Several people generously offered me time on computers under their control - either personal computers that are somewhat faster than mine or clusters under their control.  The local WestGrid computers I could use are three times slower than my laptop, so I'm going to check out one of these I've been given an account on, located on the other side of the country.

But I still need to work out exactly what big slow runs I need data for, and I also need to discuss this with my main co-author (former post-doc).  Deciding what needs to be done is the real bottleneck.

Chalk talk!

Alex Kondrashov gave a dynamic chalk talk yesterday, making the point that conventional population genetics approaches to the evolution of sex were probably a dead end - sex can't be selected for under the usual assumptions.

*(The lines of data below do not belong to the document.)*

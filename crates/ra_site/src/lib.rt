//! Nodes that threads share. A node's book has the node, its event clock, what happened at it, and what it sent.
//! Threads share the book under the lock of a site, and a post carries the frames between the sites. The books of all
//! nodes settle into one run of the cluster.
//!
//! The event clock is that of L. Lamport, CACM 21(7), 1978.
//!
//! # What a service does
//!
//! - It makes a [`Cluster`], and has [`Cluster::run`] run its clients: a closure, which may start threads. While the
//!   closure runs, each node has a thread that carries its frames.
//! - The clients lock and unlock names with [`Cluster::with_lock`], or with [`Cluster::lock`] and [`Cluster::unlock`],
//!   and end if a node is stopped. [`Cluster::lock_within`] and [`Cluster::cancel`] end a wait early.
//! - At the end it closes the cluster, and [`settle`] shows the run. A service that runs for long makes its cluster by
//!   [`Cluster::new_audited`] instead, and has an auditor of the crate `ra_audit` take what has happened from time to
//!   time.
//!
//! docs/EMBEDDING.md explains the parts of the shortest such program. It also says how to start the threads of the
//! nodes yourself, and how to use a [`Site`] for each node and the [`Post`] by themselves.
//!
//! The crate `ra_cluster` runs scripts on such a cluster.
#![tactic(auto)]

mod cluster;
mod laws;
mod post;
mod site;

pub use cluster::all_sites::is_site_of;
pub use cluster::gate::{Gate, OpenGate};
pub use cluster::{CallError, Cluster, Held};
pub use laws::{ended_requests_are_gone, given_grants_are_in_books};
pub use post::{Inbox, NewPostError, Post, SendError};
pub use ra_book::{
    Book, BookError, BookEvent, BookKind, Events, Frames, Grant, MarkLostError, NewError, Posted,
    Sent, SettleError, Settled, Stop, clock_after, histories_are_determined, histories_go_on,
    is_cluster, settle,
};
pub use site::desk::Handed;
pub use site::stop_causes::stop_of;
pub use site::take_error::TakeError;
pub use site::{Site, SiteError};
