ghost use Rattle.std.specs.Prelude.{◌≡◌, ◌≢◌, ◌*◌, ◌<◌, ◌≤◌, ◌⊎◌, ◌↔◌, ◌∷◌, [], length, slice_get, take, not, IsTrue, IsErrOf, IsOk, IfOk, MatchResult, AllPairs, IsNone, IfSome, OnErr};
ghost use Rattle.ra_stamp.specs.declared.entry.Entry.{Entry};
ghost use Rattle.ra_stamp.specs.declared.entry.Mark.TheVariants.{Left, Withdrawn};
ghost use Rattle.ra_node.specs.Resource.{entry_of};
ghost use Rattle.ra_node.specs.Room.{IsNothing, HasRoomToLeave, answer_with};

use crate::marks::{marks_for, push_request, push_reserved};
use crate::outcome::nothing;
use crate::queue::Queue;
use crate::queued_client::Queued;
use crate::{AskError, CancelError, LeaveError, Outcome};
use ra_automaton::{Automaton, Phase, ReceiveError};
use ra_stamp::{Entry, Mark, Marks, Member, Message, Messages, Mode, Name, NodeId, Stamp};
use std::alloc::Global;
use std::marker::Model;
use std::mem;

/// One resource at this node, with the clients of the node that use it. Contracts see the resource.
#[derive(Drop)]
pub struct Slot {
    automaton: Automaton,
    /// The client whose request waits or is granted.
    client: Option<u32>,
    /// The clients after it, the first one next.
    queue: Queue,
}

impl Model for Slot {
    ghost use Rattle.ra_automaton.specs.contracts.automaton.Automaton as automata;
    ghost use Rattle.ra_node.specs.contracts.queued_client.Queued as clients;
    ghost use Rattle.ra_node.specs.Resource.{Resource, resource_code};

    ghost Value = { Resource };

    ghost coded = { resource_code automata.the_row.coded clients.the_row.coded };

    ghost view = { λ s. record { state = s.automaton; client = s.client; queue = s.queue } };
}
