/// A node that threads share: its number, and its book under a lock, with the clients that wait. Contracts see the
/// number, and whether an auditor takes what happens at it.
///
/// Besides what the book's call takes, `lock`, `lock_within`, `cancel`, `unlock` and `pump` take the post that carries
/// the frames, the sites of all nodes in order, and the gate that watches. Their contracts require these sites, since a
/// lost frame has to stop them all; [`is_site_of`](crate::is_site_of) tests it. Under the lock these calls ask the gate
/// and call the book. The frames are sent after the lock is given back, and no thread ever has the locks of two books.
/// A frame that the post does not take is flagged as lost, and then each site is stopped, which ends the waits of all
/// clients. A round of an audit waits until all frames of such a call were tried, so each loss is flagged when it takes
/// what the book has.
///
/// A client that waits has a ticket of its own. When an event lets it in, the ticket tells its thread after the lock is
/// given back, and no other thread is woken. A stop wakes all.
///
/// Each such call costs what the book's call costs and the sending of the frames. If its event lets a client in, it
/// also takes time linear in the number of clients that wait at the node. For each frame that the post does not take,
/// it also costs what [`Book::mark_lost`] costs.
pub struct Site {
    node: NodeId,
    alloc: Global,
    desk: Mutex<Desk>,
    sending: Sending,
}

// What a site owns is freed here, so that no other crate proves how each of its parts is dropped.
impl Drop for Site {
    fn drop(self) {
        let Site {
            node: _,
            alloc: _,
            desk: _,
            sending: _,
        } = self;
    }
}

impl Model for Site {
    ghost use Rattle.ra_site.specs.Sites.{SiteState};

    ghost Value = { SiteState };

    ghost view = { λ site. record { node = site.node; audited = site.sending } };
}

I was inspired by this (also by the lovely long blackboard and the availability of coloured chalk) so I did my talk this afternoon as a chalk talk too.  I started by pointing out that, because meiotic sex evolved once early in eukaryotes, any acceptable explanation must solve a problem experienced by diploids and haploids, uni- and multicellular organisms, and obligately and facultively sexual organisms.  This constraint rules out many of the explanations and examples proposed at this meeting.  Then I said that, because bacteria don't have sex (don't have any process evolved to cause recombination of chromosomal genes), any acceptable explanation of meiotic sex must also solve a problem that bacteria don't have.  Then I went over the evidence that bacteria indeed don't have sex.  I was in an adrenalin fog and so have no idea how much over my allocated 20 minutes I went, or whether I ever looked at the audience.  But Matt Meselson thinks I'm right!